→ **Work instruction**
Report each line of the material below where the word "ModuleInternedTypeIndex" can be found.

→ **Provided records**
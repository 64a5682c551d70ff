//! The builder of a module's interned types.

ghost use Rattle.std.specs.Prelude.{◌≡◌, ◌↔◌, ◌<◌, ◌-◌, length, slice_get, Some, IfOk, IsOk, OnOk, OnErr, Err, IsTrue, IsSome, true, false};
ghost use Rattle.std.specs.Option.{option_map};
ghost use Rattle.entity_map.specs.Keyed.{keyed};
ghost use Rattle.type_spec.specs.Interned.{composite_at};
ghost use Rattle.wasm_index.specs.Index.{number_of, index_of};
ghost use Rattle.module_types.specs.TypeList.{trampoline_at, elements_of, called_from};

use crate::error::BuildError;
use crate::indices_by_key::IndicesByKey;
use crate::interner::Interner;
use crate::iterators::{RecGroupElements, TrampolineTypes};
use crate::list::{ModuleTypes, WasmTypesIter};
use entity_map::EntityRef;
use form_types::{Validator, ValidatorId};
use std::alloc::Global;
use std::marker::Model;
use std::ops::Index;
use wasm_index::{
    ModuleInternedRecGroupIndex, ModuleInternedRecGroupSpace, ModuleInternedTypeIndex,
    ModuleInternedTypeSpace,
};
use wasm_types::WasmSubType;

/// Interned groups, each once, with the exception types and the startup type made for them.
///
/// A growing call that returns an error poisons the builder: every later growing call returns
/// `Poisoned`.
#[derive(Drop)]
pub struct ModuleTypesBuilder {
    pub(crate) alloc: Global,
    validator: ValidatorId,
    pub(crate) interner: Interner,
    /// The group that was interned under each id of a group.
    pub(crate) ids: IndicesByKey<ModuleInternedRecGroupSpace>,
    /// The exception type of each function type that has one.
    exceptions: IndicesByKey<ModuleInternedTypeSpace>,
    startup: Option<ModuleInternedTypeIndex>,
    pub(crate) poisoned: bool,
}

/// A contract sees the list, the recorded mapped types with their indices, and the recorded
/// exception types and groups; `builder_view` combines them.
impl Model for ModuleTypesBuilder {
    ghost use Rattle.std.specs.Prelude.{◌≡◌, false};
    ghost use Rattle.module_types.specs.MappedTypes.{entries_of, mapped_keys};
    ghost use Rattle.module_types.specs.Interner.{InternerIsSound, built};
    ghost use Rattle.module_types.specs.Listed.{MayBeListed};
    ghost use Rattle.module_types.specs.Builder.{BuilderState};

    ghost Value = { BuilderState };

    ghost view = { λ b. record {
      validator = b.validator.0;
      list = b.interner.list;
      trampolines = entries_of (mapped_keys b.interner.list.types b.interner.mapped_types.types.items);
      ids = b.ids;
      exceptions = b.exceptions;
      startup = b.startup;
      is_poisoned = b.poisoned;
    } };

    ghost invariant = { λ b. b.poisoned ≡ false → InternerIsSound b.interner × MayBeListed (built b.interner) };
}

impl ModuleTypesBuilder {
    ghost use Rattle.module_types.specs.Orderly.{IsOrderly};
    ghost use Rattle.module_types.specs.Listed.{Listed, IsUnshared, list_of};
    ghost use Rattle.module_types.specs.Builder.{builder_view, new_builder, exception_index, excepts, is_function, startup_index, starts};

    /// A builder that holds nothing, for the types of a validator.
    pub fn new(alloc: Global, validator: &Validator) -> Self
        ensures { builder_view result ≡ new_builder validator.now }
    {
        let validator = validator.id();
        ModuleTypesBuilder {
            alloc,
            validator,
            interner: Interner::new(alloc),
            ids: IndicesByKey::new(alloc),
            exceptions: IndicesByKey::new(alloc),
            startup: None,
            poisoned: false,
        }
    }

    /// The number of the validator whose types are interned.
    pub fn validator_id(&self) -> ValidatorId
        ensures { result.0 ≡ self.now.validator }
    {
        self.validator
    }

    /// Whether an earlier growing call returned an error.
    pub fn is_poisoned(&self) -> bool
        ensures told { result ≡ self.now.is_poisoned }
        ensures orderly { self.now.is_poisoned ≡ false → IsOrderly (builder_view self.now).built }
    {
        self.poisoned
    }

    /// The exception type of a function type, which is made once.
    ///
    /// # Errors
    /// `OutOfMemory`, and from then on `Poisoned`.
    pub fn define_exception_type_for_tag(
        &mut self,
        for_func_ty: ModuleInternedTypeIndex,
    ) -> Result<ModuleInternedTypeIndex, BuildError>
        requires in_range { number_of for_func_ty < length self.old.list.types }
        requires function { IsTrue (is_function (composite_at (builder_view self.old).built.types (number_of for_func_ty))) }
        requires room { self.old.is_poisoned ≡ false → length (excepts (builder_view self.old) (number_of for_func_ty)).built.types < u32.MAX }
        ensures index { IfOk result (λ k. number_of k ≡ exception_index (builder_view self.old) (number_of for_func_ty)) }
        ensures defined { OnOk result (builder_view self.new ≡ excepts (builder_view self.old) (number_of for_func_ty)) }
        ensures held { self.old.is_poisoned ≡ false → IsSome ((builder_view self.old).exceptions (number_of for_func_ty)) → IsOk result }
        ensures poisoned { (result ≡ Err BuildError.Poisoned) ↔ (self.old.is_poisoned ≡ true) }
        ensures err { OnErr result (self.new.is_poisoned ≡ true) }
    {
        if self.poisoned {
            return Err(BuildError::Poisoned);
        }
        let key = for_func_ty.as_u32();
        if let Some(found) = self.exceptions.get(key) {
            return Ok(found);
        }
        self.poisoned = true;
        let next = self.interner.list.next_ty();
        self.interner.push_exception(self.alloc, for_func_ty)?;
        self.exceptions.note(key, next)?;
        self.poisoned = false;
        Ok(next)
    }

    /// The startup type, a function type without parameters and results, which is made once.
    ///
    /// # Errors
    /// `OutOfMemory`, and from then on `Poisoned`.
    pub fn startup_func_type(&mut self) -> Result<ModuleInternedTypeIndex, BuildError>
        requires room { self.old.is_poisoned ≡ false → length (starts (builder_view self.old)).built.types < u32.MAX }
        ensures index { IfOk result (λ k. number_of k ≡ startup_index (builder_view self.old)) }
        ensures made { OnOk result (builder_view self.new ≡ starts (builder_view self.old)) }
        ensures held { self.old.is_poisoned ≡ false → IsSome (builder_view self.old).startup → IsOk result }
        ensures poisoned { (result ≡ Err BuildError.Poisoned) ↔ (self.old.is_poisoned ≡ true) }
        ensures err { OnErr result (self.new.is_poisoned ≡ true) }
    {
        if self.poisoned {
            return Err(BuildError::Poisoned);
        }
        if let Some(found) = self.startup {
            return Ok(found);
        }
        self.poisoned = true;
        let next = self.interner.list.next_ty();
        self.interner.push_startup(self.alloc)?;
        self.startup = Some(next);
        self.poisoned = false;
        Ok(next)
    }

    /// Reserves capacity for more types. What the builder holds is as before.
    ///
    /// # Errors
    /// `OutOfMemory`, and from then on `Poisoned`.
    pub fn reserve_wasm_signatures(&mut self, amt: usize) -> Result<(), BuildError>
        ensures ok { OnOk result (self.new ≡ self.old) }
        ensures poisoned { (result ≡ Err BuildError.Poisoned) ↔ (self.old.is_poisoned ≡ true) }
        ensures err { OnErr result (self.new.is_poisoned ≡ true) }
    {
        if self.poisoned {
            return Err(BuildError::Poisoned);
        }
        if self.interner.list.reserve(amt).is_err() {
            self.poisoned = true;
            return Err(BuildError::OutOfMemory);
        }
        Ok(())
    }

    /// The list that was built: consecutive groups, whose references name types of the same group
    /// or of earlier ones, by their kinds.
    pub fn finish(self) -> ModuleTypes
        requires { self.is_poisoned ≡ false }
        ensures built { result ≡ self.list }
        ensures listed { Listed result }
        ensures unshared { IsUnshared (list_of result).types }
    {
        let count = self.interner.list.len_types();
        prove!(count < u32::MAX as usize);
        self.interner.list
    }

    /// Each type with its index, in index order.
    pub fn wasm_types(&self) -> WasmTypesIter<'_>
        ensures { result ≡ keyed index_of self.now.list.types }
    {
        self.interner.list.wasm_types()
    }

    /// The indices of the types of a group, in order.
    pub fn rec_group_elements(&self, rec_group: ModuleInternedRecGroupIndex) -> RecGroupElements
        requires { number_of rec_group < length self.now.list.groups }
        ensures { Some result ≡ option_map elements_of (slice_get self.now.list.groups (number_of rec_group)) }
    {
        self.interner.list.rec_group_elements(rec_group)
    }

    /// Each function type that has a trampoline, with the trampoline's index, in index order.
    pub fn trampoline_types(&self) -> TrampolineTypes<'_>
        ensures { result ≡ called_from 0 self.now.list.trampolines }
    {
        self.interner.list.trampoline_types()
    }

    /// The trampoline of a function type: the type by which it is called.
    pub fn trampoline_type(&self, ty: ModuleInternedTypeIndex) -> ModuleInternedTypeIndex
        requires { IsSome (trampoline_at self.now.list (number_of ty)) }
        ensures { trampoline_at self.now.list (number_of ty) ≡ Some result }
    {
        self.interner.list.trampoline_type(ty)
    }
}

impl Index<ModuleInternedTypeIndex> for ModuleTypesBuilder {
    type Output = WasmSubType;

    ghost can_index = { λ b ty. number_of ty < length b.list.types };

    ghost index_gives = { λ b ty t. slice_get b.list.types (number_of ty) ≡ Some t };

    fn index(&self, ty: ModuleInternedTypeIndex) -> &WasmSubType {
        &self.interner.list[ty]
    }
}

→ **Task answer**
    ModuleInternedRecGroupIndex, ModuleInternedRecGroupSpace, ModuleInternedTypeIndex,
    startup: Option<ModuleInternedTypeIndex>,
        for_func_ty: ModuleInternedTypeIndex,
    ) -> Result<ModuleInternedTypeIndex, BuildError>
    pub fn startup_func_type(&mut self) -> Result<ModuleInternedTypeIndex, BuildError>
    pub fn trampoline_type(&self, ty: ModuleInternedTypeIndex) -> ModuleInternedTypeIndex
impl Index<ModuleInternedTypeIndex> for ModuleTypesBuilder {
    fn index(&self, ty: ModuleInternedTypeIndex) -> &WasmSubType {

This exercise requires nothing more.